In this respect there are certain discrepancies between the policies advocated by the central government and those pursued by individual states. The official policy of the Government of India is one of tolerance towards the beliefs, customs, and way of life of the tribal people, whereas some of the state governments have shown themselves less sensitive to the right of tribal communities to follow their traditional pattern of life, even in matters not affecting the interests of other sections of the population.
It is paradoxical that in many areas where tribals are exposed to the influence of caste Hindus just those features of Hindu society which modern India strives to discard are newly introduced among populations to whom they had hitherto been foreign. Thus, not only the prejudice against certain occupations such as leather working and butchering, but also dietary taboos, child marriage, and restrictions on the remarriage of widows and divorcées are gaining a foothold among the hill- and jungle-folk at a time when they are losing ground in the larger urban centres. This development is almost inevitable as long as throughout rural India compliance with the puritanical precepts of Hindu morality remains the principal criterion of social respectability.

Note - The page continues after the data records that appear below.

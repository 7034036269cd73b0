//! The side of each object.
ghost use Rattle.std.specs.Prelude.{◌≡◌, ◌≤◌, ◌<◌, length, IfOk};
ghost use Rattle.confinement.specs.Cut.{sides_of, side_of};
ghost use Rattle.confine_check.specs.Sides.{cut_of, all_right, with_left, left_between, lefts_in, rights_in, left_count, right_count};

use crate::block::Block;
use cap_format::{CapKind, OutOfMemory};
use confinement::CutSide;
use object_store::Sizes;
use std::alloc::Global;
use std::marker::Model;

/// One side for each object, by its kind and number.
#[derive(Drop)]
pub struct Cut {
    pages: Vec<CutSide>,
    cappages: Vec<CutSide>,
    gpts: Vec<CutSide>,
    processes: Vec<CutSide>,
    endpoints: Vec<CutSide>,
}

impl Model for Cut {
    ghost use Rattle.confinement.specs.Cut.{Sides};
    ghost use Rattle.confine_check.specs.Sides.{sides_by_kind, AreSized};

    ghost Value = { Sides };

    ghost view = { λ c. sides_by_kind c.pages.items c.cappages.items c.gpts.items
        c.processes.items c.endpoints.items };

    ghost invariant = { λ c. AreSized (sides_by_kind c.pages.items c.cappages.items c.gpts.items
        c.processes.items c.endpoints.items) };
}

impl Cut {
    /// All objects of a machine of these sizes are on the right.
    pub fn new(alloc: Global, sizes: Sizes) -> Result<Cut, OutOfMemory>
        ensures { IfOk result (λ cut. cut ≡ all_right sizes) }
    {
        Ok(Cut {
            pages: vec![in alloc; CutSide::Right; sizes.pages as usize]?,
            cappages: vec![in alloc; CutSide::Right; sizes.cappages as usize]?,
            gpts: vec![in alloc; CutSide::Right; sizes.gpts as usize]?,
            processes: vec![in alloc; CutSide::Right; sizes.processes as usize]?,
            endpoints: vec![in alloc; CutSide::Right; sizes.endpoints as usize]?,
        })
    }

    /// The sides of the objects of a kind, none where it is no kind of objects.
    fn of(&self, kind: CapKind) -> &[CutSide]
        ensures value { result.now ≡ sides_of self.now kind }
        ensures small { length result.now < 65536 }
    {
        match kind {
            CapKind::Page => &self.pages,
            CapKind::CapPage => &self.cappages,
            CapKind::Gpt => &self.gpts,
            CapKind::Process => &self.processes,
            CapKind::Endpoint => &self.endpoints,
            _ => &[],
        }
    }

    /// How many objects of a kind have a side.
    pub(crate) fn size(&self, kind: CapKind) -> usize
        ensures value { result ≡ length (sides_of self.now kind) }
        ensures small { result < 65536 }
    {
        self.of(kind).len()
    }

    /// The side of an object. One that has none is on the right.
    pub fn side_of(&self, kind: CapKind, number: u32) -> CutSide
        ensures { result ≡ side_of (cut_of self.now) kind number }
    {
        match self.of(kind).get(number as usize) {
            Some(side) => *side,
            None => CutSide::Right,
        }
    }

    /// How many objects are on the left.
    pub fn left_count(&self) -> u32
        ensures { result ≡ left_count self.now }
    {
        lefts(&self.pages)
            + lefts(&self.cappages)
            + lefts(&self.gpts)
            + lefts(&self.processes)
            + lefts(&self.endpoints)
    }

    /// How many objects are on the right.
    pub fn right_count(&self) -> u32
        ensures { result ≡ right_count self.now }
    {
        rights(&self.pages)
            + rights(&self.cappages)
            + rights(&self.gpts)
            + rights(&self.processes)
            + rights(&self.endpoints)
    }

    /// Puts objects on the left.
    pub(crate) fn put_left(&mut self, block: Block)
        requires order { block.from ≤ block.to }
        requires there { block.to < length (sides_of self.old block.kind) }
        ensures { self.new ≡ with_left self.old block }
    {
        let from = block.from as usize;
        let to = block.to as usize;
        match block.kind {
            CapKind::Page => put_between(&mut self.pages, from, to),
            CapKind::CapPage => put_between(&mut self.cappages, from, to),
            CapKind::Gpt => put_between(&mut self.gpts, from, to),
            CapKind::Process => put_between(&mut self.processes, from, to),
            CapKind::Endpoint => put_between(&mut self.endpoints, from, to),
            _ => {}
        }
    }
}

/// Puts the elements from `from` to `to` on the left.
fn put_between(sides: &mut [CutSide], from: usize, to: usize)
    requires order { from ≤ to }
    requires there { to < length sides.old }
    ensures { sides.new ≡ left_between sides.old from to }
{
    sides[from..=to].fill(CutSide::Left);
}

/// How many of these are on the left.
fn lefts(sides: &[CutSide]) -> u32
    requires { length sides.now < 65536 }
    ensures value { result ≡ lefts_in sides.now }
    ensures most { result ≤ length sides.now }
{
    sides.iter().filter(|side| **side == CutSide::Left).count() as u32
}

/// How many of these are on the right.
fn rights(sides: &[CutSide]) -> u32
    requires { length sides.now < 65536 }
    ensures value { result ≡ rights_in sides.now }
    ensures most { result ≤ length sides.now }
{
    sides.iter().filter(|side| **side == CutSide::Right).count() as u32
}
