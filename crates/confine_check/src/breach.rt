//! Capabilities that may not stand where they do.
ghost use Rattle.std.specs.Prelude.{ℕ, ◌≡◌, ◌<◌, ◌≤◌, ◌+◌, ◌*◌, None, IfSome};
ghost use Rattle.cap_format.specs.declared.kind.CapKind.TheVariants.{Gpt};
ghost use Rattle.object_store.specs.Store.{size_of};
ghost use Rattle.object_store.specs.Places.{places_in, reads_in, object_reads};
ghost use Rattle.confine_check.specs.Sides.{cut_of};
ghost use Rattle.confine_check.specs.Breach.{may_hold, breach_at, breach_of_object, breach_of_kind, breach_of, broken_by};
ghost use Rattle.confine_check.specs.Found.{kinds_before, reads_to};

use crate::cut::Cut;
use crate::verdict::Breach;
use cap_format::{Cap, CapKind, is_harmless};
use confinement::CutSide;
use object_store::{Objects, cap_in, places, size};
use std::sync::ledger::Ledger;
use steps::Steps;

/// Whether an object of this side may hold a capability.
fn may_hold(cut: &Cut, side: CutSide, cap: Cap) -> bool
    ensures { result ≡ may_hold (cut_of cut.now) side cap }
{
    let kind = cap.kind();
    if kind == CapKind::Range {
        return false;
    }
    if !kind.is_counted() {
        return true;
    }
    cut.side_of(kind.object_kind(), cap.object()) == side || is_harmless(cap)
}

/// What the capability in a place of an object breaks.
fn breach_at<L: Ledger>(
    objects: &Objects,
    cut: &Cut,
    kind: CapKind,
    n: u16,
    i: u16,
    fetches: &mut Steps<L>,
) -> Option<Breach>
    requires there { n < size_of objects.now.items kind }
    requires place { i < places_in kind }
    ensures value { result ≡ breach_at (cut_of cut.now) objects.now kind n i }
    ensures counted { fetches.new ≡ fetches.old + reads_in kind }
{
    let cap = objects.live(cap_in(objects, kind, n, i, fetches));
    if may_hold(cut, cut.side_of(kind, n as u32), cap) {
        return None;
    }
    Some(Breach {
        kind,
        number: n,
        place: i,
        cap,
    })
}

/// The first that breaks the cut in an object.
fn breach_of_object<L: Ledger>(
    objects: &Objects,
    cut: &Cut,
    kind: CapKind,
    n: u16,
    fetches: &mut Steps<L>,
) -> Option<Breach>
    requires { n < size_of objects.now.items kind }
    ensures value { result ≡ breach_of_object (cut_of cut.now) objects.now kind n }
    ensures counted { result ≡ None → fetches.new ≡ fetches.old + object_reads kind }
    ensures exact { let gpts = size_of objects.now.items Gpt in IfSome result (λ found.
        fetches.new + kinds_before kind gpts + object_reads kind * n ≡ fetches.old + reads_to (broken_by found) gpts) }
    ensures most { fetches.new ≤ fetches.old + object_reads kind }
{
    'each: for i in 0..places(kind) {
        if let Some(found) = breach_at(objects, cut, kind, n, i, fetches) {
            return Some(found);
        }
    }
    None
}

/// The first that breaks the cut in the objects of a kind.
fn breach_of_kind<L: Ledger>(
    objects: &Objects,
    cut: &Cut,
    kind: CapKind,
    fetches: &mut Steps<L>,
) -> Option<Breach>
    ensures value { result ≡ breach_of_kind (cut_of cut.now) objects.now kind }
    ensures counted { result ≡ None →
        fetches.new ≡ fetches.old + object_reads kind * size_of objects.now.items kind }
    ensures exact { let gpts = size_of objects.now.items Gpt in IfSome result (λ found.
        fetches.new + kinds_before kind gpts ≡ fetches.old + reads_to (broken_by found) gpts) }
    ensures most { fetches.new ≤ fetches.old + object_reads kind * size_of objects.now.items kind }
{
    'each: for n in 0..size(objects, kind) {
        if let Some(found) = breach_of_object(objects, cut, kind, n, fetches) {
            return Some(found);
        }
    }
    None
}

/// The first capability that breaks the cut. Each slot of a GPT is read at most once.
pub(crate) fn breach_of<L: Ledger>(
    objects: &Objects,
    cut: &Cut,
    fetches: &mut Steps<L>,
) -> Option<Breach>
    ensures value { result ≡ breach_of (cut_of cut.now) objects.now }
    ensures counted { result ≡ None →
        fetches.new ≡ fetches.old + 16 * size_of objects.now.items Gpt }
    ensures exact { IfSome result (λ found.
        fetches.new ≡ fetches.old + reads_to (broken_by found) (size_of objects.now.items Gpt)) }
    ensures most { fetches.new ≤ fetches.old + 16 * size_of objects.now.items Gpt }
{
    if let Some(found) = breach_of_kind(objects, cut, CapKind::CapPage, fetches) {
        return Some(found);
    }
    if let Some(found) = breach_of_kind(objects, cut, CapKind::Gpt, fetches) {
        return Some(found);
    }
    if let Some(found) = breach_of_kind(objects, cut, CapKind::Endpoint, fetches) {
        return Some(found);
    }
    breach_of_kind(objects, cut, CapKind::Process, fetches)
}
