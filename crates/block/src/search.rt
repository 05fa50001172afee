// The place of a row that passes a test.
ghost use Rattle.std.specs.Prelude.{◌≡◌, ◌||◌};
ghost use Rattle.rules.specs.Table as Spec;
ghost use Rattle.block.specs.InTable.{in_table};

use crate::layout::{BLOCK, PLACES, row_at};
use crate::lookup::is_served;
use rows::{is_live, is_named};

pub fn place_of_identifier(state: &[u8; BLOCK], identifier: &[u8]) -> Option<usize>
    ensures { result ≡ in_table (Spec.place_of_identifier state.now identifier.now) }
{
    (0..PLACES).find(|place| is_named(row_at(state, *place), identifier))
}

// Whether an association has the endpoint or the identifier.
pub fn is_taken(state: &[u8; BLOCK], identifier: &[u8], endpoint: u32) -> bool
    ensures { result ≡ (Spec.serves state.now endpoint || Spec.knows state.now identifier.now) }
{
    is_served(state, endpoint) || place_of_identifier(state, identifier).is_some()
}

pub fn vacant_place(state: &[u8; BLOCK]) -> Option<usize>
    ensures { result ≡ in_table (Spec.vacant_place state.now) }
{
    (0..PLACES).find(|place| !is_live(row_at(state, *place)))
}
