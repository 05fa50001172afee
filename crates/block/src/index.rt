// Entries of the index put in and taken out. Places and endpoints stand in two lists of the lent block, which is octets
// alone: no memory but the caller's.
ghost use Rattle.std.specs.Prelude.{◌≡◌, ◌+◌, ◌*◌, ◌≤◌, ◌<◌, length};
ghost use Rattle.octets.specs.Number.{octets_of_16};
ghost use Rattle.octets.specs.Write.{over};
ghost use Rattle.rules.specs.Limits as Limits;
ghost use Rattle.rules.specs.Layout as Layout;
ghost use Rattle.rules.specs.Index as Spec;

use crate::layout::{BLOCK, INDEX, INDEX_ENDPOINTS, INDEX_PLACES, PLACES};
use crate::lookup::{count, spot_of};
use crate::moving::shift;

fn enter(out: &mut [u8], from: usize, to: usize, q: &[u8])
    requires { (from ≤ to) × (to ≤ from + 4 * Limits.places) × (to + length q.now ≤ length out.old) }
    ensures { out.new ≡ Spec.entered out.old from to q.now }
{
    shift(out, from, to - from, from + q.len());
    octets::put_octets(out, from, q);
}

fn withdraw(out: &mut [u8], from: usize, to: usize, q: &[u8])
    requires { (from + length q.now ≤ to) × (to ≤ from + 4 * Limits.places) × (to ≤ length out.old) }
    ensures { out.new ≡ Spec.withdrawn out.old from to q.now }
{
    shift(out, from + q.len(), to - (from + q.len()), from);
    octets::put_octets(out, to - q.len(), q);
}

fn put_count(state: &mut [u8; BLOCK], n: usize)
    requires { n ≤ Limits.places }
    ensures { state.new ≡ over state.old Layout.index_at (octets_of_16 n) }
{
    octets::put_number16(state, INDEX, n as u16);
}

fn insert_at(state: &mut [u8; BLOCK], at: usize, endpoint: u32, place: u8)
    requires { (at ≤ Spec.count_of state.old) × (Spec.count_of state.old < Limits.places) }
    ensures { state.new ≡ Spec.inserted_at state.old at endpoint place }
{
    let n = count(state);
    enter(state, INDEX_PLACES + at, INDEX_PLACES + n, &[place]);
    enter(
        state,
        INDEX_ENDPOINTS + 4 * at,
        INDEX_ENDPOINTS + 4 * n,
        &endpoint.to_le_bytes(),
    );
    put_count(state, n + 1);
}

fn remove_at(state: &mut [u8; BLOCK], at: usize)
    requires { (at < Spec.count_of state.old) × (Spec.count_of state.old ≤ Limits.places) }
    ensures { state.new ≡ Spec.removed_at state.old at }
{
    let n = count(state);
    withdraw(state, INDEX_PLACES + at, INDEX_PLACES + n, &[0]);
    withdraw(
        state,
        INDEX_ENDPOINTS + 4 * at,
        INDEX_ENDPOINTS + 4 * n,
        &[0, 0, 0, 0],
    );
    put_count(state, n - 1);
}

// An endpoint put in where it is missing.
pub fn put_in(state: &mut [u8; BLOCK], endpoint: u32, place: u8)
    ensures { state.new ≡ Spec.with_entry state.old endpoint place }
{
    if let Err(at) = spot_of(state, endpoint) {
        if count(state) < PLACES {
            insert_at(state, at, endpoint, place);
        }
    }
}

// An endpoint taken out where it stands.
pub fn take_out(state: &mut [u8; BLOCK], endpoint: u32)
    ensures { state.new ≡ Spec.without_entry state.old endpoint }
{
    if let Ok(at) = spot_of(state, endpoint) {
        remove_at(state, at);
    }
}
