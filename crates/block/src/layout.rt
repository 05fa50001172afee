// Where things stand in the block.
ghost use Rattle.std.specs.Prelude.{◌≡◌};
ghost use Rattle.rules.specs.Layout as Spec;
ghost use Rattle.block.specs.RowPart.{RowPart};

use rows::layout::ROW;

// Live associations at most.
pub use status::PLACES;

// Rounds of a search at most: one more than so many places can be halved.
pub(crate) const ROUNDS: usize = 6;

// All but the last halve.
pub(crate) const HALVINGS: usize = ROUNDS - 1;

// The longest good profile list.
pub const LIST_LIMIT: usize = 4;

// The rows, the tunnel, its profile list behind a length octet.
pub const TUNNEL: usize = PLACES * ROW;

pub const LIST: usize = TUNNEL + 1;

// The index: the number of its entries, their places, their endpoints.
pub(crate) const INDEX: usize = LIST + 1 + LIST_LIMIT;

pub(crate) const INDEX_PLACES: usize = INDEX + 2;

pub(crate) const INDEX_ENDPOINTS: usize = INDEX_PLACES + PLACES;

// The length of a block.
pub const BLOCK: usize = INDEX_ENDPOINTS + 4 * PLACES;

pub fn is_up(state: &[u8]) -> bool
    ensures { result ≡ Spec.up state.now }
{
    octets::octet(state, TUNNEL) != 0
}

// The row of a place; a number that is no place has none, and no octets. The test comes first, as `get` would not save it: the
// offset of a great number does not fit.
pub fn row_at(state: &[u8; BLOCK], place: usize) -> &[u8]
    ensures { RowPart state.entry place result }
{
    let s: &[u8] = state;
    if place < PLACES {
        let start = place * ROW;
        return &s[start..start + ROW];
    }
    &s[..0]
}
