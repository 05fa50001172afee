// Where rows stand in the block, how they are found, and the index of their endpoints.
#![tactic(auto)]

mod index;
pub mod layout;
mod lookup;
mod moving;
mod search;

pub use index::{put_in, take_out};
pub use layout::{BLOCK, PLACES, is_up, row_at};
pub use lookup::{Lookup, is_served, place_of_endpoint};
pub use search::{is_taken, place_of_identifier, vacant_place};
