// The search for an endpoint in the index: the endpoints of the live rows, rising, and beside them the rows' places.
ghost use Rattle.std.specs.Prelude.{◌≡◌, cond, leb, ◌-◌, ◌≤◌, ◌<◌, unwrap_or};
ghost use Rattle.rules.specs.Limits as Limits;
ghost use Rattle.rules.specs.Halving as Halving;
ghost use Rattle.rules.specs.Index as Spec;
ghost use Rattle.rules.specs.Table as Table;
ghost use Rattle.block.specs.InTable.{found_at};
ghost use Rattle.block.specs.Spots.{spot_of};

use crate::layout::{BLOCK, HALVINGS, INDEX, INDEX_ENDPOINTS, INDEX_PLACES, PLACES};

// The position in the index that halving leaves, and how many endpoints it looked at.
#[derive(Clone, Copy)]
pub struct Halved {
    pub at: usize,
    pub looked: usize,
}

// The place of an endpoint's row, as the index has it: a number of the table on every block that calls lead to. And the rounds
// that the search took, each of which compared one stored endpoint.
#[derive(Clone, Copy)]
pub struct Lookup {
    pub place: Option<usize>,
    pub rounds: usize,
}

// The number of entries.
#[tactic(auto, using(octets::proofs::Tests::tests), unfolding(rules::specs::Index::count_of))]
pub(crate) fn count(state: &[u8; BLOCK]) -> usize
    ensures { result ≡ Spec.count_of state.now }
{
    (octets::number16(state, INDEX) as usize).min(PLACES)
}

// Four octets, the lowest first, and no test for the end: a compiler makes this one load on x86-64.
#[tactic(auto, using(crate::proofs::WordLaws::quad_is), unfolding(rules::specs::Index::index_endpoint))]
fn endpoint_at(state: &[u8; BLOCK], at: usize) -> u32
    requires { at < Limits.places }
    ensures { result ≡ Spec.index_endpoint state.now at }
{
    let i = INDEX_ENDPOINTS + 4 * at;
    u32::from_le_bytes([state[i], state[i + 1], state[i + 2], state[i + 3]])
}

#[tactic(auto, unfolding(rules::specs::Index::index_place))]
fn place_at(state: &[u8; BLOCK], at: usize) -> usize
    requires { at < Limits.places }
    ensures { result ≡ Spec.index_place state.now at }
{
    state[INDEX_PLACES + at] as usize
}

// Where the half that is left begins: with the endpoint seen, or where it began.
#[tactic(auto, using(octets::proofs::Tests::tests), unfolding(rules::specs::Halving::nearer))]
fn nearer(seen: u32, endpoint: u32, lo: usize, middle: usize) -> usize
    ensures { result ≡ Halving.nearer seen endpoint lo middle }
{
    if seen <= endpoint { middle } else { lo }
}

// A fixed number of turns with one choice in each: a compiler unrolls them and makes each choice a conditional move, so
// that no jump hangs on an endpoint. The library's binary_search has such jumps, and promises no number of rounds.
fn halve(state: &[u8; BLOCK], endpoint: u32, n: usize) -> Halved
    requires { (0 < n) × (n ≤ Limits.places) }
    ensures { (result.at ≡ Halving.halved (Limits.rounds - 1) (Spec.index_endpoint state.now) endpoint 0 n) × (result.looked ≡ Limits.rounds - 1) }
{
    let mut lo = 0;
    let mut left = n;
    let mut looked = 0;
    for _turn in 0..HALVINGS {
        let half = left / 2;
        let middle = lo + half;
        lo = nearer(endpoint_at(state, middle), endpoint, lo, middle);
        left -= half;
        looked += 1;
    }
    Halved { at: lo, looked }
}

// One endpoint needs no halving.
fn nearest(state: &[u8; BLOCK], endpoint: u32, n: usize) -> Halved
    requires { (0 < n) × (n ≤ Limits.places) }
    ensures { (result.at ≡ Halving.halved (Limits.rounds - 1) (Spec.index_endpoint state.now) endpoint 0 n) × (result.looked ≡ cond (leb n 1) 0 (Limits.rounds - 1)) × (result.looked < Limits.rounds) }
{
    if n <= 1 {
        return Halved { at: 0, looked: 0 };
    }
    halve(state, endpoint, n)
}

pub fn place_of_endpoint(state: &[u8; BLOCK], endpoint: u32) -> Lookup
    ensures { (unwrap_or result.place Limits.places ≡ Table.place_of_endpoint state.now endpoint) × (result.rounds ≡ Halving.rounds_for Limits.rounds (Spec.count_of state.now)) × (result.rounds ≤ Limits.rounds) × (result.place ≡ found_at state.now (Spec.spot state.now endpoint)) }
{
    let n = count(state);
    if n == 0 {
        return Lookup {
            place: None,
            rounds: 0,
        };
    }
    let near = nearest(state, endpoint, n);
    let at = near.at;
    let rounds = near.looked + 1;
    if endpoint_at(state, at) == endpoint {
        let place = Some(place_at(state, at));
        return Lookup { place, rounds };
    }
    Lookup {
        place: None,
        rounds,
    }
}

#[tactic(auto, using(octets::proofs::Tests::tests), unfolding(rules::specs::Halving::settled))]
fn settled(seen: u32, endpoint: u32, at: usize) -> Result<usize, usize>
    requires { at < Limits.places }
    ensures { spot_of result ≡ Halving.settled seen endpoint at }
{
    if seen == endpoint {
        return Ok(at);
    }
    if seen < endpoint {
        return Err(at + 1);
    }
    Err(at)
}

// Where an endpoint stands in the index, or where it would.
pub(crate) fn spot_of(state: &[u8; BLOCK], endpoint: u32) -> Result<usize, usize>
    ensures { spot_of result ≡ Spec.spot state.now endpoint }
{
    let n = count(state);
    if n == 0 {
        return Err(0);
    }
    let near = nearest(state, endpoint, n);
    let at = near.at;
    settled(endpoint_at(state, at), endpoint, at)
}

// Whether an association has the endpoint.
pub fn is_served(state: &[u8; BLOCK], endpoint: u32) -> bool
    ensures { result ≡ Table.serves state.now endpoint }
{
    place_of_endpoint(state, endpoint)
        .place
        .is_some_and(|place| place < PLACES)
}
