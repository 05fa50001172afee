// Octets moved within the block.
ghost use Rattle.std.specs.Prelude.{◌≡◌, ◌+◌, ◌*◌, ◌≤◌, length};
ghost use Rattle.octets.specs.Part.{part};
ghost use Rattle.octets.specs.Write.{over};
ghost use Rattle.rules.specs.Limits.{places};

use crate::layout::PLACES;

// The most octets moved at once: all endpoints of the index.
const AT_ONCE: usize = 4 * PLACES;

// Octets moved to another offset, which may overlap their own: through an array of our own. Both copies count the same
// turns, and a compiler leaves the array out and makes one move of them.
pub(crate) fn shift(out: &mut [u8], from: usize, size: usize, at: usize)
    requires { (size ≤ 4 * places) × (from + size ≤ length out.old) × (at + size ≤ length out.old) }
    ensures { out.new ≡ over out.old at (part out.old from (from + size)) }
{
    let mut a = [0; AT_ONCE];
    copy_part(&mut a, 0, out, from, size);
    copy_part(out, at, &a, 0, size);
}

fn copy_part(out: &mut [u8], at: usize, src: &[u8], from: usize, size: usize)
    requires { (at + size ≤ length out.old) × (from + size ≤ length src.now) }
    ensures { out.new ≡ over out.old at (part src.now from (from + size)) }
{
    for i in 0..size {
        out[at + i] = src[from + i];
    }
}
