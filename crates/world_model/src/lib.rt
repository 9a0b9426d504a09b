//! The machine of the simulator as definitions: the host with its keeper, and the chip, air, serial line, time and
//! devices outside it.
//!
//! It says what may happen to the machine, what each event does to it and which entries it has, and which events a line
//! of a scenario is. The world that does them and the laws that are proved of them are above, beside each other.
//! It promises that lists of events can be joined (`lists_go_on`). The definitions are in `specs/`: `State`,
//! `Refusals`, `Events`, `Did` (lists of events, and what was done when memory ran out), `Settling`, `Ticking` and
//! `Lines` (which events a line is), and `Table`.
#![tactic(auto)]

mod laws;

pub use host_model::{a_restart_keeps_what_is_held, attempts_have_what_they_give, facts_are_kept};
pub use laws::lists_go_on;
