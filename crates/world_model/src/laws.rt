//! Events of one list after another.

ghost use Rattle.std.specs.Prelude.{◌≡◌, List, [], ◌++◌};
ghost use Rattle.world_model.specs.State.{Machine};
ghost use Rattle.world_model.specs.Events.{Event};
ghost use Rattle.world_model.specs.Did.{happens_all, entries_all, MayAll, Scene, Run};

/// What two lists of events do, one after the other, is what both together do.
pub fn lists_go_on()
    ensures state { (m : Machine) (a b : List Event) → happens_all m (a ++ b) ≡ happens_all (happens_all m a) b }
    ensures entries { (m : Machine) (a b : List Event) → entries_all m (a ++ b) ≡ entries_all m a ++ entries_all (happens_all m a) b }
    ensures may { (m : Machine) (a b : List Event) → MayAll m a → MayAll (happens_all m a) b → MayAll m (a ++ b) }
    ensures nothing { (s : Scene) → Run [] s s }
    ensures both { (a b : List Event) (old mid new : Scene) → Run a old mid → Run b mid new → Run (a ++ b) old new }
{}
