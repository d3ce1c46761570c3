// The arguments that a program was started with, behind its own name, and the one word that it may know.
#![tactic(auto)]

ghost use Rattle.std.specs.Prelude.{◌≡◌};
ghost use Rattle.command_line.specs.Arguments.{IsWithin, asked_for};

use std::env::{Env, FillError};

// Why a program is not started with these arguments: there is more than one, the only one is longer than the space, or it is not
// the word that the program knows.
#[derive(Clone, Copy, Debug, PartialEq, Eq)]
pub enum ArgumentsError {
    TooMany,
    TooLong,
    Unknown,
}

fn has_second(rt: &impl Env) -> bool {
    !matches!(rt.arg(2, &mut [0u8; 1]), Err(FillError::NotPresent))
}

// The only argument, if there is one: so many bytes at the front of the space.
pub fn argument(rt: &impl Env, space: &mut [u8]) -> Result<Option<usize>, ArgumentsError>
    ensures { IsWithin result space.new }
{
    if has_second(rt) {
        return Err(ArgumentsError::TooMany);
    }
    match rt.arg(1, space) {
        Ok(n) => Ok(Some(n)),
        Err(FillError::NotPresent) => Ok(None),
        Err(FillError::TooLong) => Err(ArgumentsError::TooLong),
    }
}

// Whether the only argument is the word.
pub fn asked_for(
    given: Result<Option<usize>, ArgumentsError>,
    space: &[u8],
    word: &[u8],
) -> Result<bool, ArgumentsError>
    ensures { result ≡ asked_for given space.now word.now }
{
    match given? {
        None => Ok(false),
        Some(n) if &space[..n.min(space.len())] == word => Ok(true),
        Some(_) => Err(ArgumentsError::Unknown),
    }
}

Acceptance or denial of the necessity for assimilation with Hindu society is ultimately a question of values. Are the tribals to be left to follow their own inclination in emulating or rejecting the cultural pattern represented by their Hindu neighbours, or are they to be coaxed to abandon their own cultural traditions and values? In the past Hindu society has been tolerant of groups that would not conform to the standards set by the higher castes, and in some areas, notably Kerala, the emulation by low-status groups of upper-caste fashions in such matters as dress or marriage celebrations was resented and often prevented because the higher castes saw their monopoly of certain cultural features endangered. In recent years, however, there has been a change of attitude vis-à-vis cultural divergencies, and it may be the influence of the Western belief in universal values which has encouraged attempts to enforce conformity with the standards of dominant populations. Yet India is not only a multi-racial and a multi-lingual country, it is also a multi-cultural one, and as long as Muslims, Parsees, and Christians are free to follow their traditional way of life, it would seem only fair to respect also tribal customs and beliefs, however distinct from those of the regional majority community they may be.
Hinduism is, of course, not the only ideological force which has brought about fundamental changes in tribal culture and mores. Christian missions have been active in tribal areas, with the result that about 50 percent of all Nagas and Mizos and 20 percent of all Mundas and Oraons have been converted to Christianity. The advantages of missionary activities lie mainly in the field of education, for many of the literates among these tribes were educated in mission schools, and literacy certainly aided them in resisting exploitation by non-tribal populations. By reducing tribal languages to writing, usually in Roman script, missionaries were also helpful in securing the survival and development of tribal tongues, which without their efforts might have been displaced by regionally dominant languages. On the other hand, missionary influence has eroded much of the tribes' cultural heritage, which was inseparably linked with the traditional mythology, beliefs, and rituals, and wilted when these were abandoned. Above all, the conversion of part of a community tends to destroy the social unity of the whole tribe, as we have seen in chapter 11. Today foreign missionaries no longer play a significant role, but their work is continued by Indian Christians whose tolerance of tribal customs is no greater than that of the earlier European or American missionaries. Indeed, nowhere in India has there been a merging of Christian and traditional tribal practices such as I have observed among autochthonous communities in Mexico and Guatemala, where representations of Maya gods adorn the walls of some Catholic churches, and libations to ancestor spirits are offered in the aisles.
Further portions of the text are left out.